In their larval stages, many of these insects (together with freshwater shrimps, worms and snails) are important sources of food for freshwater fish including minnows, bullheads and trout and if they survive to emerge as adult insects, then they may fall prey to dragonflies, water birds or bats!
Grasses are interesting too
Although grasses are sometimes difficult to identify and have no need for gaudy flowers to attract insects because they are wind pollinated, everyone can enjoy their varied forms. For example, a field of Yorkshire fog blowing in the wind can look like a purple sea whereas the fine radiating leaves of a tuft of bristle bent resemble a mini explosion frozen in time. The flowers of quaking grass hang like delicate baubles and the shining silvery spikelets of false oat grass on our roadside verges are well worth a close inspection.
Some of our summer butterflies use grasses as their food plants. For example the caterpillars of the large skipper use cocksfoot and those of the small skipper feed on Yorkshire fog. Whereas these skippers are widespread in England and Wales, the Lulworth skipper is restricted to the coast of Dorset, where it feeds on Tor-grass.

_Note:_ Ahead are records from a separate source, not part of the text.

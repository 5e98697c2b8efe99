//! A part of a block replaced by another block.
ghost use Rattle.std.specs.Prelude.{◌≡◌, ◌↔◌, ℕ, IsTrue, ◌<◌, ◌≤◌, ◌+◌, ◌-◌, ◌++◌, ◌^◌, length, map, take, drop, slice_index, slice_index_or, All, AllPairs, IfOk, OnOk};
ghost use Rattle.cb_matrix.specs.Sparse.{IsMatrix};
ghost use Rattle.cb_matrix.specs.Values.{empty_matrix};
ghost use Rattle.cb_dcsc.specs.Columns.{in_column, rows_of, values_of, columns_with_entries};
ghost use Rattle.cb_product.specs.SparseColumn.{IsSparseColumn};
ghost use Rattle.cb_operations.specs.SelectionAnswers.{assigned};
ghost use Rattle.cb_selections.specs.KernelSteps.{IsFirstFrom, HasRowsReplaced};

use cb_dcsc::{Block, first_from};
use cb_semirings::Semiring;
use std::alloc::{AllocError, Global};

/// The block with its part that begins at the corner, a row and a column, replaced by another block. All old entries of
/// the part are dropped, whether or not the other block has entries at their places.
///
/// Costs a copy of the entries beside the columns of the part, and a few instructions for each entry of these columns and of
/// the other block, with at most two binary searches for each of these columns.
pub fn assign<S: Semiring>(
    alloc: Global,
    block: &Block<S>,
    corner: (u32, u32),
    part: &Block<S>,
) -> Result<Block<S>, AllocError>
    requires rows { corner.0 + part.now.shape.rows ≤ block.now.shape.rows }
    requires cols { corner.1 + part.now.shape.cols ≤ block.now.shape.cols }
    ensures { IfOk result (λ whole. whole ≡ assigned S.arithmetic corner part.now block.now) }
{
    let mut out = Block::empty(alloc, block.shape());
    out.reserve(block.len().max(part.len()))?;
    let mut rows = Vec::new(alloc);
    let mut values = Vec::new(alloc);
    push_assigned(&mut out, &mut rows, &mut values, block, corner, part)?;
    Ok(out)
}

/// Stores the block with its part replaced in an empty block: the columns in front of the part, those of the part, and those
/// behind it. The lists hold one column at a time.
fn push_assigned<S: Semiring>(
    out: &mut Block<S>,
    kept_rows: &mut Vec<u32>,
    kept_values: &mut Vec<u64>,
    block: &Block<S>,
    corner: (u32, u32),
    part: &Block<S>,
) -> Result<(), AllocError>
    requires rows { corner.0 + part.now.shape.rows ≤ block.now.shape.rows }
    requires cols { corner.1 + part.now.shape.cols ≤ block.now.shape.cols }
    requires out_matrix { IsMatrix S.arithmetic out.old }
    requires empty { out.old ≡ empty_matrix block.now.shape }
    ensures { OnOk result (out.new ≡ assigned S.arithmetic corner part.now block.now) }
{
    let (outer, inner) = (block.shape(), part.shape());
    let end = corner.1 + inner.cols();
    let range = (corner.0, corner.0 + inner.rows());
    out.append_columns(block, (0, corner.1), (0, 0))?;
    let columns = block.column_numbers();
    let part_columns = part.column_numbers();
    let mut x = first_from(columns, corner.1);
    let mut y = 0;
    let mut column = next_column(columns, x, part_columns, y, corner.1, end);
    while column < end {
        let (rows, values) = column_at(block, x, column);
        let (part_rows, part_values) = column_at(part, y, column - corner.1);
        replace_rows::<S>(
            kept_rows,
            kept_values,
            rows,
            values,
            part_rows,
            part_values,
            range,
        )?;
        out.push_column(column, kept_rows, kept_values)?;
        x = next_place(columns, x, column);
        y = next_place(part_columns, y, column - corner.1);
        column = next_column(columns, x, part_columns, y, corner.1, end);
    }
    out.append_columns(block, (end, outer.cols()), (0, end))
}

/// The lower of the numbers at places of two lists, of which the second ones are moved so that 0 comes to `from`; or `end`, if
/// both lists have ended.
#[inline(always)]
fn next_column(
    columns: &[u32],
    x: usize,
    part_columns: &[u32],
    y: usize,
    from: u32,
    end: u32,
) -> u32
    requires order { from ≤ end }
    requires inside { All (λ c. c < end - from) part_columns.now }
    ensures end { result ≤ end }
    ensures left { x < length columns.now → result ≤ slice_index columns.now x }
    ensures right { y < length part_columns.now → result ≤ slice_index part_columns.now y + from }
    ensures greatest { (c : ℕ) → c ≤ slice_index_or columns.now x end → c ≤ slice_index_or part_columns.now y (end - from) + from → c ≤ result }
{
    let left = nth_or(columns, x, end);
    let right = nth_or(part_columns, y, end - from) + from;
    left.min(right)
}

/// The nth of these columns, or this number if they are fewer.
#[inline(always)]
fn nth_or(columns: &[u32], n: usize, end: u32) -> u32
    ensures { result ≡ slice_index_or columns.now n end }
{
    if n < columns.len() { columns[n] } else { end }
}

/// The rows and values of a column, which is the nth that has entries or has none.
#[inline(always)]
fn column_at<S: Semiring>(block: &Block<S>, n: usize, column: u32) -> (&[u32], &[u64])
    requires { IsFirstFrom (columns_with_entries block.now.entries) column n }
    ensures rows { result.0.now ≡ rows_of (in_column column block.now.entries) }
    ensures values { result.1.now ≡ values_of (in_column column block.now.entries) }
{
    if is_nth(block.column_numbers(), n, column) {
        return block.nth_column(n);
    }
    (&[], &[])
}

/// The place of the first of these columns that is behind one, from that of the first that isn't in front of it.
#[inline(always)]
fn next_place(columns: &[u32], n: usize, column: u32) -> usize
    requires ascending { AllPairs (λ c d. c < d) columns.now }
    requires first { IsFirstFrom columns.now column n }
    ensures { IsFirstFrom columns.now (column + 1) result }
{
    if is_nth(columns, n, column) { n + 1 } else { n }
}

/// Whether a column is the nth of these.
#[inline(always)]
fn is_nth(columns: &[u32], n: usize, column: u32) -> bool
    ensures { IsTrue result ↔ ((n < length columns.now) × (slice_index columns.now n ≡ column)) }
{
    n < columns.len() && columns[n] == column
}

/// Fills two lists with the rows and values of a column, with those in a range of rows replaced by those of another column,
/// whose row 0 comes to the first row of the range.
fn replace_rows<S: Semiring>(
    kept_rows: &mut Vec<u32>,
    kept_values: &mut Vec<u64>,
    rows: &[u32],
    values: &[u64],
    part_rows: &[u32],
    part_values: &[u64],
    range: (u32, u32),
) -> Result<(), AllocError>
    requires column { IsSparseColumn S.arithmetic rows.now values.now }
    requires part_column { IsSparseColumn S.arithmetic part_rows.now part_values.now }
    requires order { range.0 ≤ range.1 }
    requires inside { All (λ i. i < range.1 - range.0) part_rows.now }
    ensures column { OnOk result (IsSparseColumn S.arithmetic kept_rows.new.items kept_values.new.items) }
    ensures values { OnOk result (HasRowsReplaced S.arithmetic.zero range rows.now values.now part_rows.now part_values.now kept_rows.new.items kept_values.new.items) }
{
    let start = first_from(rows, range.0);
    let end = first_from(rows, range.1);
    fill_rows(kept_rows, rows, part_rows, (start, end), range.0)?;
    fill(kept_values, values, part_values, start, end)
}

/// Fills a list with rows, of which those from one place up to another are replaced by others, moved so that 0 comes to `top`.
fn fill_rows(
    list: &mut Vec<u32>,
    rows: &[u32],
    others: &[u32],
    places: (usize, usize),
    top: u32,
) -> Result<(), AllocError>
    requires order { places.0 ≤ places.1 }
    requires within { places.1 ≤ length rows.now }
    requires limit { All (λ i. i + top < 2 ^ 32) others.now }
    ensures { OnOk result (list.new.items ≡ take places.0 rows.now ++ (map (λ i. i + top) others.now ++ drop places.1 rows.now)) }
{
    list.clear();
    list.extend_from_slice(&rows[..places.0])?;
    push_moved(list, others, top)?;
    list.extend_from_slice(&rows[places.1..])?;
    Ok(())
}

/// Appends numbers to a list, moved so that 0 comes to `top`.
fn push_moved(list: &mut Vec<u32>, numbers: &[u32], top: u32) -> Result<(), AllocError>
    requires { All (λ i. i + top < 2 ^ 32) numbers.now }
    ensures { OnOk result (list.new.items ≡ list.old.items ++ map (λ i. i + top) numbers.now) }
{
    list.reserve(numbers.len())?;
    for number in numbers {
        list.push_reserved(*number + top);
    }
    Ok(())
}

/// Fills a list with items, of which those from one place up to another are replaced by others.
fn fill<T: Copy>(
    list: &mut Vec<T>,
    items: &[T],
    others: &[T],
    start: usize,
    end: usize,
) -> Result<(), AllocError>
    requires order { start ≤ end }
    requires within { end ≤ length items.now }
    ensures { OnOk result (list.new.items ≡ take start items.now ++ (others.now ++ drop end items.now)) }
{
    list.clear();
    list.extend_from_slice(&items[..start])?;
    list.extend_from_slice(others)?;
    list.extend_from_slice(&items[end..])?;
    Ok(())
}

July is the perfect time to visit Dorset’s internationally famous heathlands. Look for the silver-studded blue butterfly flying low over the drier parts of the heath. Like many blue butterflies this species has a close relationship to ants the ants protect the butterfly caterpillars and pupae and in return they obtain sugar-rich food from the caterpillars.
In damper parts of the heath look for the bright yellow spikes of the bog asphodel, that can occur in dense patches and later give way to deep orange fruiting spikes. These mineral-poor heaths also support carnivorous plants such as round-leaved sundew, that capture small insects on their sticky leaves before digesting them to obtain a source of nitrogen.
A walk in the woods
Within deciduous woodlands mixed family parties of our small resident birds, such as blue and great tits, nuthatches, tree creepers and others, may be seen feeding in the canopy as they try to avoid predators. Nuthatches in particular are a delight to watch, not only for their smart plumage but also for their agility on tree trunks and branches. Many small woodland birds have similar contact calls, but the nuthatch is more strident and a family party is hard to miss.
An evening stroll
And finally, why not take a stroll on a summer’s evening to experience some different elements of our rich wildlife. The wonderful evening scent of honeysuckle in the hedgerow has developed to attract pollinating moths which in turn will be on the menu for various bats. Close sightings of deer, foxes and badgers are always possible as the light starts to fade, and at that time look out for glow worms.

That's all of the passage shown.